Your task is to copy each line of the records that includes the string "under".

-- -- --

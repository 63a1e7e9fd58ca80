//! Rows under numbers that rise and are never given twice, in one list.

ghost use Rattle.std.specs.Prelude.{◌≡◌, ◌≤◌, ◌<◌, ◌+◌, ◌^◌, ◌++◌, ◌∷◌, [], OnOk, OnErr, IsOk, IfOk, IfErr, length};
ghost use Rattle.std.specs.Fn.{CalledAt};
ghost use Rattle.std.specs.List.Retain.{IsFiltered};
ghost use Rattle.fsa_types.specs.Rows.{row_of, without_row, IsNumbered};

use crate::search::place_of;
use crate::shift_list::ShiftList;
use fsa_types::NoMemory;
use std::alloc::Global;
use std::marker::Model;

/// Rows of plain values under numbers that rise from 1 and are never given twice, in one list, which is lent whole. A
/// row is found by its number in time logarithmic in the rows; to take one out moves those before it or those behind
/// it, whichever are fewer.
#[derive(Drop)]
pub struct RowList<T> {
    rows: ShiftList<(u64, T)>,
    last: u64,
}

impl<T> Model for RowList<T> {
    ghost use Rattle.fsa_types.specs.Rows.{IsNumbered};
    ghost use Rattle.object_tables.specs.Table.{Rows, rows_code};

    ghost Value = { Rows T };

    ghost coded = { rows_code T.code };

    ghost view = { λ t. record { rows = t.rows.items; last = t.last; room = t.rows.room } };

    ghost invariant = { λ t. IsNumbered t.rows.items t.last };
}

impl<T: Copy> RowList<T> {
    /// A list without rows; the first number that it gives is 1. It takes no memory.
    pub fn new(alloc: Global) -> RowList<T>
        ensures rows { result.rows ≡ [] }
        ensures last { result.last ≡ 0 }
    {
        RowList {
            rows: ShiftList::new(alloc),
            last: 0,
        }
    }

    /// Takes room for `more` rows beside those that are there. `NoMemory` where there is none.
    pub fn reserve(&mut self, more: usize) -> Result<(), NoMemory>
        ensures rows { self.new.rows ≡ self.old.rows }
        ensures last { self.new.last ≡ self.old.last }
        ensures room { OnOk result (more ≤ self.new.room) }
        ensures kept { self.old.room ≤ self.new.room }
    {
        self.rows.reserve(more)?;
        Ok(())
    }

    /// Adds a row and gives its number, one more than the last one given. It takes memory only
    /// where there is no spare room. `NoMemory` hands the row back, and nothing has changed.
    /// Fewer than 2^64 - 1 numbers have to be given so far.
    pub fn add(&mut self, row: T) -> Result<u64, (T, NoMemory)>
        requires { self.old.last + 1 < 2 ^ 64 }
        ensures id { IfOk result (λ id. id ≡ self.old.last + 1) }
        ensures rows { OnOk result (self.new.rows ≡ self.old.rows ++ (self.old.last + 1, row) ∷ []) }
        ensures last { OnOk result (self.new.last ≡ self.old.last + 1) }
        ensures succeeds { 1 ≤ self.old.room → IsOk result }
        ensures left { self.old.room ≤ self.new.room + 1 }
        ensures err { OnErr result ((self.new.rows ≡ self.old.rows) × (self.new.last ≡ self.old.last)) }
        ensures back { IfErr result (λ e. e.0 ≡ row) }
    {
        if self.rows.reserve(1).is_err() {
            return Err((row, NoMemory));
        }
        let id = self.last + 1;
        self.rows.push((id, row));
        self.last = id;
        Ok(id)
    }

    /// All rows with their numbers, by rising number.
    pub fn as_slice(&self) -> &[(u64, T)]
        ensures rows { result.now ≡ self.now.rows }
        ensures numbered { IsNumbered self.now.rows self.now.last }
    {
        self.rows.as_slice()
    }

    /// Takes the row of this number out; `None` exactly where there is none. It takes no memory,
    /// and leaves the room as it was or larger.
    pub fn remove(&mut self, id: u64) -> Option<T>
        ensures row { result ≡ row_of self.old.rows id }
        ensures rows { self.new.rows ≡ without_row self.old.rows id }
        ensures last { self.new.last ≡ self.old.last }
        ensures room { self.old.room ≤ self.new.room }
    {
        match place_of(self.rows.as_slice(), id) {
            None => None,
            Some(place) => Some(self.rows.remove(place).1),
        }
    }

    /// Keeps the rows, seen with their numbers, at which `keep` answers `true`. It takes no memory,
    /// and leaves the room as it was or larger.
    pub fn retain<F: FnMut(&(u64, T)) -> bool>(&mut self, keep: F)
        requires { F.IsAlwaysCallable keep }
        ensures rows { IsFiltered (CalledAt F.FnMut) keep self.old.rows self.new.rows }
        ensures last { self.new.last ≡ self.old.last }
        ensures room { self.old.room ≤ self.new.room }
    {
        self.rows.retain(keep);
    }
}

-- -- --

- **Answer**
//! Rows under numbers that rise and are never given twice, in one list.
/// Rows of plain values under numbers that rise from 1 and are never given twice, in one list, which is lent whole. A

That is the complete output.